PROMPT
Write out the data exactly, keeping every line.

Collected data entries
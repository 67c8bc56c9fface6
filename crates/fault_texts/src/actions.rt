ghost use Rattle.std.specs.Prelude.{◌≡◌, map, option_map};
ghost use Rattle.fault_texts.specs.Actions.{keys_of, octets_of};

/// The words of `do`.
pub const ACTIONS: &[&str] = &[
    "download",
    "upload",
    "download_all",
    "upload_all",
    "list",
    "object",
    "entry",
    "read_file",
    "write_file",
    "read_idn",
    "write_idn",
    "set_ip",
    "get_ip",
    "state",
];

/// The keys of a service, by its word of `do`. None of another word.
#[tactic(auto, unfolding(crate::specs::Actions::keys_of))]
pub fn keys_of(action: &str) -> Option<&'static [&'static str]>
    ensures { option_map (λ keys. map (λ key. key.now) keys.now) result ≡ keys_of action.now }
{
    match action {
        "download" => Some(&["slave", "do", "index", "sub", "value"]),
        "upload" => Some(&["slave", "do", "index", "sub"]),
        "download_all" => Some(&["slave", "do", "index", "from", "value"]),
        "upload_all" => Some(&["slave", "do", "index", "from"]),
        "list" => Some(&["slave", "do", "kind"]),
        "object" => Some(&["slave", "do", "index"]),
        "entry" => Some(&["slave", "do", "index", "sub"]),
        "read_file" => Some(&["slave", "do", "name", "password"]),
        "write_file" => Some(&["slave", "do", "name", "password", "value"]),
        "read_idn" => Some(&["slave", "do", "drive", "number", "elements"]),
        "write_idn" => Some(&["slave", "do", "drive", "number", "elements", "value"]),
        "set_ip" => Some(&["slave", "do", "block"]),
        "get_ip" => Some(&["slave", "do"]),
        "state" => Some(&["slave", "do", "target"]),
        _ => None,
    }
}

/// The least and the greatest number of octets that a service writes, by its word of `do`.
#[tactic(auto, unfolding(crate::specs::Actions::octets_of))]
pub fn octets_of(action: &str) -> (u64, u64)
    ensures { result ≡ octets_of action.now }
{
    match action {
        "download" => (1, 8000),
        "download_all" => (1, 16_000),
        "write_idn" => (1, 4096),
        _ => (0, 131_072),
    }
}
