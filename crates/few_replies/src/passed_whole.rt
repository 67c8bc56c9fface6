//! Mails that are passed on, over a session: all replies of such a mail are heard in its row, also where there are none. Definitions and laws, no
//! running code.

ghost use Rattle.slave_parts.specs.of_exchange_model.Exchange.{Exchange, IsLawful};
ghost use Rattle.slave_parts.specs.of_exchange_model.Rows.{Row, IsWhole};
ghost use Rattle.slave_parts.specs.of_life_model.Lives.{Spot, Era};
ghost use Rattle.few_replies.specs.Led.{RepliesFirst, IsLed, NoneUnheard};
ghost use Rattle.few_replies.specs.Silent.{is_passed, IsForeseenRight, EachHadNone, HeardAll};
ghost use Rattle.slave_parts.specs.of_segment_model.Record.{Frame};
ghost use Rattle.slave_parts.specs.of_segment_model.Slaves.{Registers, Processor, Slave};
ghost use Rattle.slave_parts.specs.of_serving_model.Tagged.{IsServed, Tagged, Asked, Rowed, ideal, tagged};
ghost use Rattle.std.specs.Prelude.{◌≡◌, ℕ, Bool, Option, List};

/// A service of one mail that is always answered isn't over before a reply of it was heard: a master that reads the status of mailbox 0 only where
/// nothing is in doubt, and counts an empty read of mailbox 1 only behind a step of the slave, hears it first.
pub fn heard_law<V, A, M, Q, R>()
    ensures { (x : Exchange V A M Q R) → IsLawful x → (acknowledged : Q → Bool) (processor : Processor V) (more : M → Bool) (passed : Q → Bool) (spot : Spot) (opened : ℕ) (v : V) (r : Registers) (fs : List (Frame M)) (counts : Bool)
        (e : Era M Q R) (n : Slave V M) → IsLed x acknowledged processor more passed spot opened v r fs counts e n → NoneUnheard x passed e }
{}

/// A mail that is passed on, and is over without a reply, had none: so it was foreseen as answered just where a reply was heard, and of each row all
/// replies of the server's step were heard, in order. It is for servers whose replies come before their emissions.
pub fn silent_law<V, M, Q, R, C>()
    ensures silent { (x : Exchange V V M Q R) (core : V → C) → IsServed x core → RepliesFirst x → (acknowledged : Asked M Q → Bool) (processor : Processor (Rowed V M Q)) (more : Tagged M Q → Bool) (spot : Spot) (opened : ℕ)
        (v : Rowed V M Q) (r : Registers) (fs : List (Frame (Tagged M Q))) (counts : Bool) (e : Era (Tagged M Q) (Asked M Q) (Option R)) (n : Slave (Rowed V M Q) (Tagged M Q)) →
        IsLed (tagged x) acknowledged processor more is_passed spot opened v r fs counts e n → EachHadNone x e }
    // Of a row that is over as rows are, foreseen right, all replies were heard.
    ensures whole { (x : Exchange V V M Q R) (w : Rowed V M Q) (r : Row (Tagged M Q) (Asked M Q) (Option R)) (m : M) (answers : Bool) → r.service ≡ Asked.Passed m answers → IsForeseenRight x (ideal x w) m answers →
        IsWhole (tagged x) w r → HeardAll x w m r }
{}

EXERCISE RESPONSE
repository 67c8bc56c9fface6
filename crates/fault_texts/src/actions.rt
ghost use Rattle.std.specs.Prelude.{◌≡◌, map, option_map};
ghost use Rattle.fault_texts.specs.Actions.{keys_of, octets_of};

/// The words of `do`.
pub const ACTIONS: &[&str] = &[
    "download",
    "upload",
    "download_all",
    "upload_all",
    "list",
    "object",
    "entry",
    "read_file",
    "write_file",
    "read_idn",
    "write_idn",
    "set_ip",
    "get_ip",
    "state",
];

/// The keys of a service, by its word of `do`. None of another word.
#[tactic(auto, unfolding(crate::specs::Actions::keys_of))]
pub fn keys_of(action: &str) -> Option<&'static [&'static str]>
    ensures { option_map (λ keys. map (λ key. key.now) keys.now) result ≡ keys_of action.now }
{
    match action {
        "download" => Some(&["slave", "do", "index", "sub", "value"]),
        "upload" => Some(&["slave", "do", "index", "sub"]),
        "download_all" => Some(&["slave", "do", "index", "from", "value"]),
        "upload_all" => Some(&["slave", "do", "index", "from"]),
        "list" => Some(&["slave", "do", "kind"]),
        "object" => Some(&["slave", "do", "index"]),
        "entry" => Some(&["slave", "do", "index", "sub"]),
        "read_file" => Some(&["slave", "do", "name", "password"]),
        "write_file" => Some(&["slave", "do", "name", "password", "value"]),
        "read_idn" => Some(&["slave", "do", "drive", "number", "elements"]),
        "write_idn" => Some(&["slave", "do", "drive", "number", "elements", "value"]),
        "set_ip" => Some(&["slave", "do", "block"]),
        "get_ip" => Some(&["slave", "do"]),
        "state" => Some(&["slave", "do", "target"]),
        _ => None,
    }
}

/// The least and the greatest number of octets that a service writes, by its word of `do`.
#[tactic(auto, unfolding(crate::specs::Actions::octets_of))]
pub fn octets_of(action: &str) -> (u64, u64)
    ensures { result ≡ octets_of action.now }
{
    match action {
        "download" => (1, 8000),
        "download_all" => (1, 16_000),
        "write_idn" => (1, 4096),
        _ => (0, 131_072),
    }
}
filename crates/few_replies/src/passed_whole.rt
repository 67c8bc56c9fface6
//! Mails that are passed on, over a session: all replies of such a mail are heard in its row, also where there are none. Definitions and laws, no
//! running code.

ghost use Rattle.slave_parts.specs.of_exchange_model.Exchange.{Exchange, IsLawful};
ghost use Rattle.slave_parts.specs.of_exchange_model.Rows.{Row, IsWhole};
ghost use Rattle.slave_parts.specs.of_life_model.Lives.{Spot, Era};
ghost use Rattle.few_replies.specs.Led.{RepliesFirst, IsLed, NoneUnheard};
ghost use Rattle.few_replies.specs.Silent.{is_passed, IsForeseenRight, EachHadNone, HeardAll};
ghost use Rattle.slave_parts.specs.of_segment_model.Record.{Frame};
ghost use Rattle.slave_parts.specs.of_segment_model.Slaves.{Registers, Processor, Slave};
ghost use Rattle.slave_parts.specs.of_serving_model.Tagged.{IsServed, Tagged, Asked, Rowed, ideal, tagged};
ghost use Rattle.std.specs.Prelude.{◌≡◌, ℕ, Bool, Option, List};

/// A service of one mail that is always answered isn't over before a reply of it was heard: a master that reads the status of mailbox 0 only where
/// nothing is in doubt, and counts an empty read of mailbox 1 only behind a step of the slave, hears it first.
pub fn heard_law<V, A, M, Q, R>()
    ensures { (x : Exchange V A M Q R) → IsLawful x → (acknowledged : Q → Bool) (processor : Processor V) (more : M → Bool) (passed : Q → Bool) (spot : Spot) (opened : ℕ) (v : V) (r : Registers) (fs : List (Frame M)) (counts : Bool)
        (e : Era M Q R) (n : Slave V M) → IsLed x acknowledged processor more passed spot opened v r fs counts e n → NoneUnheard x passed e }
{}

/// A mail that is passed on, and is over without a reply, had none: so it was foreseen as answered just where a reply was heard, and of each row all
/// replies of the server's step were heard, in order. It is for servers whose replies come before their emissions.
pub fn silent_law<V, M, Q, R, C>()
    ensures silent { (x : Exchange V V M Q R) (core : V → C) → IsServed x core → RepliesFirst x → (acknowledged : Asked M Q → Bool) (processor : Processor (Rowed V M Q)) (more : Tagged M Q → Bool) (spot : Spot) (opened : ℕ)
        (v : Rowed V M Q) (r : Registers) (fs : List (Frame (Tagged M Q))) (counts : Bool) (e : Era (Tagged M Q) (Asked M Q) (Option R)) (n : Slave (Rowed V M Q) (Tagged M Q)) →
        IsLed (tagged x) acknowledged processor more is_passed spot opened v r fs counts e n → EachHadNone x e }
    // Of a row that is over as rows are, foreseen right, all replies were heard.
    ensures whole { (x : Exchange V V M Q R) (w : Rowed V M Q) (r : Row (Tagged M Q) (Asked M Q) (Option R)) (m : M) (answers : Bool) → r.service ≡ Asked.Passed m answers → IsForeseenRight x (ideal x w) m answers →
        IsWhole (tagged x) w r → HeardAll x w m r }
{}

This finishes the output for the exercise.